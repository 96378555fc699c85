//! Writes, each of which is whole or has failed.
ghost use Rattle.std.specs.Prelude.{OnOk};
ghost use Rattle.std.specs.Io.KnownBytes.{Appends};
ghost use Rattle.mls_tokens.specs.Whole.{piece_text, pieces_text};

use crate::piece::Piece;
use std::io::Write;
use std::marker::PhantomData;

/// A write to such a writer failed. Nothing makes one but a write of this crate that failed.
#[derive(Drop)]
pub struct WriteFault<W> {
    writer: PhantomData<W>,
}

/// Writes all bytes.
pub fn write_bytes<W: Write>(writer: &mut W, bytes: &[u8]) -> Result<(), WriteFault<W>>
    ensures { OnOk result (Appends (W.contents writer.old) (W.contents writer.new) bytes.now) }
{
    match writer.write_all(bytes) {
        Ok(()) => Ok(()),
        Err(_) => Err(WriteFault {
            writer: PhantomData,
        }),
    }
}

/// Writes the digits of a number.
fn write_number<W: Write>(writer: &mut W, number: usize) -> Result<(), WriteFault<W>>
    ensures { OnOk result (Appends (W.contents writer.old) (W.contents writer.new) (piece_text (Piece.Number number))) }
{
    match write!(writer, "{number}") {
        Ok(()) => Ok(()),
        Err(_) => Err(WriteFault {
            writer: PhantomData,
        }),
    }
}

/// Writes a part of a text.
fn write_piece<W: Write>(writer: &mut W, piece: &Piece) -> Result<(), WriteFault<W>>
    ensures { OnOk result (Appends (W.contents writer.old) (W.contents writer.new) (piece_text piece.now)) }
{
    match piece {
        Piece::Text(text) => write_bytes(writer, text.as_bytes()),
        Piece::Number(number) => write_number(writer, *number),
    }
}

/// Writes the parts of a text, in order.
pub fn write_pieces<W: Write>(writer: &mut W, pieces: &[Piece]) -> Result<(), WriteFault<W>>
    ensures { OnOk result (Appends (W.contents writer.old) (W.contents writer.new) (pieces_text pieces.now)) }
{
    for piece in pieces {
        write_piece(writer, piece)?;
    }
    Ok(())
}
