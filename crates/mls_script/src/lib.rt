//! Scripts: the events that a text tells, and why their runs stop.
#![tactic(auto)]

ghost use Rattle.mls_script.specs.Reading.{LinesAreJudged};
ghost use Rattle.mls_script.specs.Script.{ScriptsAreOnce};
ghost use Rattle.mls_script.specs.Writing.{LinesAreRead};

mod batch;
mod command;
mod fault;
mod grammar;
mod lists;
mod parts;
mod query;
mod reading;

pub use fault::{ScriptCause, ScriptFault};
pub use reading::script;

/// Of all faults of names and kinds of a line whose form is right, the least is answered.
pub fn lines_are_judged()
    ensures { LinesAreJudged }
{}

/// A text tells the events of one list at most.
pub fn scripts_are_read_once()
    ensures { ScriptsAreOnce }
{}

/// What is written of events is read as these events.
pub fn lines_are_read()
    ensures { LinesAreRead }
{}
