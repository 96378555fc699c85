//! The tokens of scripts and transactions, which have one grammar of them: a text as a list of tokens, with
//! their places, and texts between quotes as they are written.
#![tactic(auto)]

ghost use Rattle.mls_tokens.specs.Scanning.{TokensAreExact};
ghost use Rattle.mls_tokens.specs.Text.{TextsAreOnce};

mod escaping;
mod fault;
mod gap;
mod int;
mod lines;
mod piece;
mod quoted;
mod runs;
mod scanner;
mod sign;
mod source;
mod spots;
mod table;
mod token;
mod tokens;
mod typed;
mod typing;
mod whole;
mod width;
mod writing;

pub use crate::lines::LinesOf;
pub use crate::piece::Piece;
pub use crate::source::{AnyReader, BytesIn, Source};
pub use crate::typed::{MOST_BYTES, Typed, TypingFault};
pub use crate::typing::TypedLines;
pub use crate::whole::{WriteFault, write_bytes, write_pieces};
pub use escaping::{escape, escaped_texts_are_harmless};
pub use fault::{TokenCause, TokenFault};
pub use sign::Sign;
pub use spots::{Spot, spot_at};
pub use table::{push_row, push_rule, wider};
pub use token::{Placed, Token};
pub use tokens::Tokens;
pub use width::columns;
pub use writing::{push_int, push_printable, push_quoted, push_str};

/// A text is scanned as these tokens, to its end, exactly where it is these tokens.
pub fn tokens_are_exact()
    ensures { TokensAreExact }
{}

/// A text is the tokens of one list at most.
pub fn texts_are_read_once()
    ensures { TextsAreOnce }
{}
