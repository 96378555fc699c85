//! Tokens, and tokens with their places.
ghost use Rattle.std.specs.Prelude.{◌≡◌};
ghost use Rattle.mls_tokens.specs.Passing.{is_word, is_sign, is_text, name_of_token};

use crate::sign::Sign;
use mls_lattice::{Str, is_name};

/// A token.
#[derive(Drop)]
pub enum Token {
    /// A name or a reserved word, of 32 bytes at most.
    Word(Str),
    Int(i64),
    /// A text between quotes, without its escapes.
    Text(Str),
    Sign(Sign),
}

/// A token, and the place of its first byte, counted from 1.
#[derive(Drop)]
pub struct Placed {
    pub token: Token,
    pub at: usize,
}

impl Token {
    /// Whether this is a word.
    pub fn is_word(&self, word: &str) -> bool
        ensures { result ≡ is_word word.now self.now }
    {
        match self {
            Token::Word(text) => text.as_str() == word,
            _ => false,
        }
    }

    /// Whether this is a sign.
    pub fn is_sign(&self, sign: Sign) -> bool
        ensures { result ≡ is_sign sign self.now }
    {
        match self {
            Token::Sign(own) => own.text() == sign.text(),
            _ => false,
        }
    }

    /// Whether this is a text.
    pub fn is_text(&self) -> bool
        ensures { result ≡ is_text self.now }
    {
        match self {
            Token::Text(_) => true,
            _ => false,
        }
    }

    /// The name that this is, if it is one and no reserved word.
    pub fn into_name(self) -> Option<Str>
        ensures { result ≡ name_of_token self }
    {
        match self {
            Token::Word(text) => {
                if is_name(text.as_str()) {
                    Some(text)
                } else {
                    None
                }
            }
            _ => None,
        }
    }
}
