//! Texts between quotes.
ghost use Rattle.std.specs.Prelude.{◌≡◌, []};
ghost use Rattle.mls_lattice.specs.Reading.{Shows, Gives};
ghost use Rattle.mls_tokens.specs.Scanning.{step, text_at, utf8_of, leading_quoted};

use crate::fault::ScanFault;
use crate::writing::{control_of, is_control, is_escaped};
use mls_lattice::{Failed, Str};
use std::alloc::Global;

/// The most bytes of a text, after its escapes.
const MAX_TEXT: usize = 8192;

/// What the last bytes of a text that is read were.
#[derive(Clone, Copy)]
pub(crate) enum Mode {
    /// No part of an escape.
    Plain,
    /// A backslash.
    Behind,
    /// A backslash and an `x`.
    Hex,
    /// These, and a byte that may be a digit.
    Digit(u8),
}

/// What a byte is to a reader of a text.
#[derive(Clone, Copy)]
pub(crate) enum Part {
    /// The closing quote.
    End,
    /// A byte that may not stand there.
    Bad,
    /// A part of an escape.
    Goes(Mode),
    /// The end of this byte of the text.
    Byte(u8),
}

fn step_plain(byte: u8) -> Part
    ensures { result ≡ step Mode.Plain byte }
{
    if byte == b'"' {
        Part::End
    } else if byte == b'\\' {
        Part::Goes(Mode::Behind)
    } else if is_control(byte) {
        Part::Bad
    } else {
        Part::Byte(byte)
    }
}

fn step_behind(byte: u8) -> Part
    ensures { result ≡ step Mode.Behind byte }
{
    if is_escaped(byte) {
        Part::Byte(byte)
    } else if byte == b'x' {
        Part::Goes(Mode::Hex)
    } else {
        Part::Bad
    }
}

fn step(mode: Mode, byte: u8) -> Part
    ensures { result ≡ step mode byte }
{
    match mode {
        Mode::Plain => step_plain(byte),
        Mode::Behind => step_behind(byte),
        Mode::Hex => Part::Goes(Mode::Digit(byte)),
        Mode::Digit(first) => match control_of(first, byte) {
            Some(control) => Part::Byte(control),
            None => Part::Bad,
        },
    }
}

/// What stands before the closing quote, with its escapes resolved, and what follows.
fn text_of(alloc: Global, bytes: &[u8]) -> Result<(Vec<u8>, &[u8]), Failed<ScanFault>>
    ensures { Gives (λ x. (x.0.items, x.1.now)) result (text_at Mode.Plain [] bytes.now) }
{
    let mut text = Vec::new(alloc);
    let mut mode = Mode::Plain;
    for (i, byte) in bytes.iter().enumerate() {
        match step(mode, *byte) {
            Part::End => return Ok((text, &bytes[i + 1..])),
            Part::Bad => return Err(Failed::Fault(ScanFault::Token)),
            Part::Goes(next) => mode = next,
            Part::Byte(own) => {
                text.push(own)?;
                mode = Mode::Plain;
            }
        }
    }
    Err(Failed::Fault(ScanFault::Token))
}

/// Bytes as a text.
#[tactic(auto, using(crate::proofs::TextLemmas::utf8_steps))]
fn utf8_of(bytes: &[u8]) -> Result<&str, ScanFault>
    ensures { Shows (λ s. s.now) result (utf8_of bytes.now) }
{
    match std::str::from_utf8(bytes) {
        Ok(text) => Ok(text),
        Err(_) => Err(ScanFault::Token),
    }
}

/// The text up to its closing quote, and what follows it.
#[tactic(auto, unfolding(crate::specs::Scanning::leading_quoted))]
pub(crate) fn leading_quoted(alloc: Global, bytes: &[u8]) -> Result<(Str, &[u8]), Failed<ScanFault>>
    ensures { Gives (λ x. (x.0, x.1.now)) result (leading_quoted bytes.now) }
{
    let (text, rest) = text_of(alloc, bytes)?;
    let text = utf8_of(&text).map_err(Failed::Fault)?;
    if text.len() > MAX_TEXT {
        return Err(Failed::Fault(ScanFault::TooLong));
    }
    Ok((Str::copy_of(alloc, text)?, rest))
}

◇ ◇ ◇ ◇

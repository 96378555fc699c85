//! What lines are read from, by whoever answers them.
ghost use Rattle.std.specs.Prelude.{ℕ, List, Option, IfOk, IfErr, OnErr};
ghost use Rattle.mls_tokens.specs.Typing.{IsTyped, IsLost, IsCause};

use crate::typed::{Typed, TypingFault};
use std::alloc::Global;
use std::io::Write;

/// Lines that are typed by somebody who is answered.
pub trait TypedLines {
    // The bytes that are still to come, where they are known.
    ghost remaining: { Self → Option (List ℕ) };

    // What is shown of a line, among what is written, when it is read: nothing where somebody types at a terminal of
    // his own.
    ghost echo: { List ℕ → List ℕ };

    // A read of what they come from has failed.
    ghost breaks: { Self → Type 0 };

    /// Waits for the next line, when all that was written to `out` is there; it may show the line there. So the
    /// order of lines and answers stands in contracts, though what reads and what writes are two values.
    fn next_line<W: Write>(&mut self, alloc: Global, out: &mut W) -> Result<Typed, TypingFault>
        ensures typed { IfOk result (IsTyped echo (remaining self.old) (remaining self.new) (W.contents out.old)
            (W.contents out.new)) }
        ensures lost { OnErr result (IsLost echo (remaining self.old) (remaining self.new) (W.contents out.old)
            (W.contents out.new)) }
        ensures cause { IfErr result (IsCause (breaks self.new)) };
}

◇ ◇ ◇ ◇

WHAT IS REQUIRED: From the data above, output exactly the lines between the one containing "use std::marker::PhantomData;" and the one containing "pub fn write_bytes<W: Write>(writer: &mut", counting both of them.

EXERCISE OUTPUT:
use std::marker::PhantomData;

/// A write to such a writer failed. Nothing makes one but a write of this crate that failed.
#[derive(Drop)]
pub struct WriteFault<W> {
    writer: PhantomData<W>,
}

/// Writes all bytes.
pub fn write_bytes<W: Write>(writer: &mut W, bytes: &[u8]) -> Result<(), WriteFault<W>>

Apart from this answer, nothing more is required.